My current research focuses on foundational aspects of Bayesian methods for structured objects ubiquitous in real life such as high-dimensional densities, vectors, matrices, anisotropic functions, complex shapes, covariance matrices, networks and graphs. While Bayesian methods are routinely used for the ease of incorporating prior knowledge and uncertainty quantification, apparently innocuous priors can produce misleading inference in higher dimensional and nonparametric models. My research during the past decade has been on identifying such pitfalls, develop rigorous theoretical framework to study why such phenomena occur, and provide remedies.
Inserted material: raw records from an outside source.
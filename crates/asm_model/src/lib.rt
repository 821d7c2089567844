//! What a source text in assembly language stands for: the object, or the first fault with its line.
//!
//! The types here are shared by the definitions of `specs/` and by the assembler. The definitions go
//! from the text up: its lines, a line's parts, numbers and names, expressions, operands, mnemonics and
//! their instructions, directives, the first pass, which says what each line adds to a draft, the
//! second pass, which gives a draft's pieces their words where all names are known, and
//! `assembled` (`specs/Assembled.antt`), the whole. `laws` has what holds of them.
#![tactic(auto)]

pub mod expression;
pub mod fault;
pub mod laws;
pub mod mnemonic;
pub mod name;
pub mod operand;
pub mod piece;
pub mod progress;
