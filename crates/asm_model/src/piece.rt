//! What the first pass leaves to the second.

use super::expression::Base;
use super::name::Name;
use msp_encode::instr::{Cond, Instr};

/// A part of the object whose names aren't known yet.
#[derive(Clone, Copy, Drop)]
pub enum Piece {
    /// An instruction, with what the words of its source and of its destination are added to.
    Operation {
        instr: Instr,
        source: Base,
        destination: Base,
    },
    /// A jump to a code label.
    Jump {
        cond: Cond,
        target: Name,
    },
    /// An initialised word, and what it is added to.
    Word {
        base: Base,
        word: u16,
    },
    /// An initialised byte.
    Byte(u8),
    /// The application's entry.
    Entry(Name),
    /// A function that the module exports.
    Export {
        number: u8,
        label: Name,
    },
}

/// A piece and the number of its line, counted from 1.
#[derive(Clone, Copy, Drop)]
pub struct Placed {
    pub line: u32,
    pub piece: Piece,
}

/// The unit of static data that a directive gives.
#[derive(Clone, Copy, Drop)]
pub enum DataUnit {
    /// Two bytes, the low one first.
    Word,
    Byte,
}

/// A unit of static data.
#[derive(Clone, Copy, Drop)]
pub struct Datum {
    pub piece: Piece,
    /// Whether the number in it is in its range.
    pub fits: bool,
}
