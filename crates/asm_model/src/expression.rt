//! Numbers and expressions.

use super::name::Name;

/// A number as written: its sign and its size, which is 65,536 for all greater ones.
#[derive(Clone, Copy, Drop)]
pub struct Numeral {
    pub negative: bool,
    pub size: u32,
}

/// What an expression's word is added to.
#[derive(Clone, Copy, Drop)]
pub enum Base {
    /// Nothing: the expression is a number.
    Number,
    /// The address of the region's first byte.
    Lo,
    /// The address behind the region's last byte.
    Hi,
    /// The place of a label, which may be defined below.
    Label(Name),
}

/// An expression: a base and the word that is added to it.
#[derive(Clone, Copy, Drop)]
pub struct Expression {
    pub base: Base,
    pub word: u16,
    /// Whether the number in it is in its range.
    pub fits: bool,
}
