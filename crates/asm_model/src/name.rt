//! Names and what they stand for.

/// A name of 1 to 32 bytes, filled up with zeros.
#[derive(Clone, Copy, PartialEq, Eq, Hash, Debug, Drop)]
pub struct Name {
    pub bytes: [u8; 32],
}

/// What a name stands for.
#[derive(Clone, Copy, Drop)]
pub enum Value {
    /// A number given by `.equ`.
    Number(u16),
    /// A label of code: its place in words.
    Code(u16),
    /// A label of initialised bytes: its offset in bytes.
    Initialised(u16),
    /// A label of zeroed bytes: its offset in bytes behind the last initialised byte.
    Zeroed(u16),
}
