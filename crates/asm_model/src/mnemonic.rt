//! Mnemonics and directives.

use msp_encode::instr::{Cg, Cond, Instr, Op1, Op2, Width};

/// Which instruction a mnemonic stands for, and which operands it takes.
#[derive(Clone, Copy, Drop)]
pub enum MnemonicForm {
    /// Source and destination.
    Two(Op2),
    /// One operand.
    One(Op1),
    /// A code label.
    Jump(Cond),
    /// A destination, with this constant as source.
    Constant(Op2, Cg),
    /// A destination that is the source too.
    Twice(Op2),
    /// A destination, with the top of the stack as source.
    Pop,
    /// A source, with PC as destination.
    Branch,
    /// No operand.
    Alone(Instr),
}

/// A directive's name.
#[derive(Clone, Copy, Drop)]
pub enum Directive {
    App,
    Module,
    Version,
    Equ,
    Entry,
    Export,
    Code,
    Data,
    Zero,
    Word,
    Byte,
    Space,
}

/// The first word of a statement.
#[derive(Clone, Copy, Drop)]
pub enum Keyword {
    Directive(Directive),
    Mnemonic(MnemonicForm, Width),
}
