//! What holds of the definitions, for callers: each law is a function that does nothing.

ghost use Rattle.asm_model.specs.Laws.{TestedIsLegal, DraftsAreSound, ResultsMeetTheForm};

use msp_encode::laws::{legal_by_cases, tests_tell};

/// The test of legal instructions is right.
pub fn tested_is_legal()
    ensures { TestedIsLegal }
{
    legal_by_cases();
    tests_tell();
}

/// What holds of each draft that the first pass gives.
pub fn drafts_are_sound()
    ensures { DraftsAreSound }
{}

/// What a source assembles to meets the form of objects.
pub fn results_meet_the_form()
    ensures { ResultsMeetTheForm }
{}
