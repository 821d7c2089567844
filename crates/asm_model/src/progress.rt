//! How far the first pass has come.

/// A section of the source.
#[derive(Clone, Copy, Drop)]
pub enum Section {
    Code,
    Data,
    Zero,
}

/// What the source assembles to.
#[derive(Clone, Copy, Drop)]
pub enum Header {
    /// An application: the bytes of each stack, and the number of threads.
    App { stack: u16, threads: u8 },
    /// A kernel module.
    Module,
}

/// The version of the object's form.
#[derive(Clone, Copy, Drop)]
pub enum Version {
    /// 1, where the source names none.
    One,
    /// 2, by `.version 2`.
    Two,
}

/// What the lines so far have said beside names and pieces.
#[derive(Clone, Copy, Drop)]
pub struct Progress {
    pub header: Option<Header>,
    pub version: Version,
    /// `.version` or `.equ` has come.
    pub named: bool,
    /// A statement other than the header, `.version` and `.equ` has come.
    pub begun: bool,
    pub section: Section,
    /// The entry has come.
    pub entered: bool,
    /// The least number that the next export may have.
    pub least_export: u8,
    /// Code words so far.
    pub code: u16,
    /// Initialised bytes so far.
    pub initialised: u16,
    /// Zeroed bytes so far.
    pub zeroed: u16,
}
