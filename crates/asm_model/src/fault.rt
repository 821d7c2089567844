//! Why a source gives no object.

ghost use Rattle.std.specs.Prelude.{◌≡◌};
ghost use Rattle.asm_model.specs.declared.fault.AsmFault.TheVariants.{Memory};

use std::alloc::AllocError;
use thiserror::Error;

/// What is wrong with a line.
#[derive(Clone, Copy, PartialEq, Eq, Debug, Drop, Error)]
pub enum AsmKind {
    /// The line has a byte that isn't allowed.
    #[error("nottext")]
    NotText,
    /// A label or a name given by `.equ` was defined before, or is reserved.
    #[error("doublelabel")]
    DoubleLabel,
    /// The statement's first word is no mnemonic or directive, or has a width that it doesn't take.
    #[error("unknownword")]
    UnknownWord,
    /// A statement stands in the wrong section or order, or too often, or a directive's operands have another form.
    #[error("baddirective")]
    BadDirective,
    /// An instruction's operands have another number or form, or give no instruction.
    #[error("badoperand")]
    BadOperand,
    /// A number is out of its range.
    #[error("numberrange")]
    NumberRange,
    /// With this line the code passes 8,192 words or the static part 16,384 bytes.
    #[error("toolarge")]
    TooLarge,
    /// A name is defined nowhere.
    #[error("nolabel")]
    NoLabel,
    /// A jump's offset isn't in -512 to 511 words.
    #[error("jumprange")]
    JumpRange,
}

/// Why no object was assembled.
#[derive(Clone, Copy, PartialEq, Eq, Debug, Drop, Error)]
pub enum AsmFault {
    /// The first fault of the source and its line, counted from 1. Line 0 is for what is missing as a whole.
    #[error("line {line}: {kind}")]
    At { line: u32, kind: AsmKind },
    /// There was no memory.
    #[error("want of memory")]
    Memory,
}

impl From<AllocError> for AsmFault {
    ghost from_gives = { λ _ e. e ≡ Memory };

    fn from(_e: AllocError) -> AsmFault {
        AsmFault::Memory
    }
}
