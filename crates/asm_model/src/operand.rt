//! Operands as written, and as the parts of an instruction.

use super::expression::{Base, Expression};
use msp_encode::instr::{Dst, Src};

/// An operand as written. Registers are 0 to 15.
#[derive(Clone, Copy, Drop)]
pub enum Operand {
    Reg(u8),
    Indexed(u8, Expression),
    Symbolic(Expression),
    Absolute(Expression),
    Indirect(u8),
    AutoInc(u8),
    /// `#expression`: a constant where the constant generator has it and the instruction takes one.
    Value(Expression),
    /// `##expression`: an immediate in any case.
    Immediate(Expression),
}

/// A source, whose word is what is added to its base.
#[derive(Clone, Copy, Drop)]
pub struct Source {
    pub src: Src,
    pub base: Base,
    /// Whether the number in it is in its range.
    pub fits: bool,
}

/// A destination, whose word is what is added to its base.
#[derive(Clone, Copy, Drop)]
pub struct Destination {
    pub dst: Dst,
    pub base: Base,
    /// Whether the number in it is in its range.
    pub fits: bool,
}

/// What the word of an operand has to be.
#[derive(Clone, Copy, Drop)]
pub enum Use {
    /// A number, or an address of code, of static data or of an end of the region.
    Immediate,
    /// A number or an address of static data.
    Address,
    /// The distance to a place in the code.
    Distance,
    /// There is no word.
    Nothing,
}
Over the last decade, my research group solved fundamental challenges in Bayesian inference:

A) probabilistic modeling for non-Euclidean objects (closed curves, surfaces, shape clustering, deformable templates for shape restricted densities).

B) consistent estimation of communities and configurations simultaneously in network models.

C) establish for the first time why point estimates obtained from variational inference do have statistical optimality properties.

D) adaptive shrinkage strategy using sparsity inducing Dirichlet distribution for estimating high-dimensional functions supported on a low dimensional space, sparse high dimensional vectors and covariance matrices.

My research paved ways for novel solutions to challenging applied problems, such as brain tumor tracing, tumor tracking for targeted radiotherapy and reconciling the famous “proton radius puzzle” in nuclear Physics.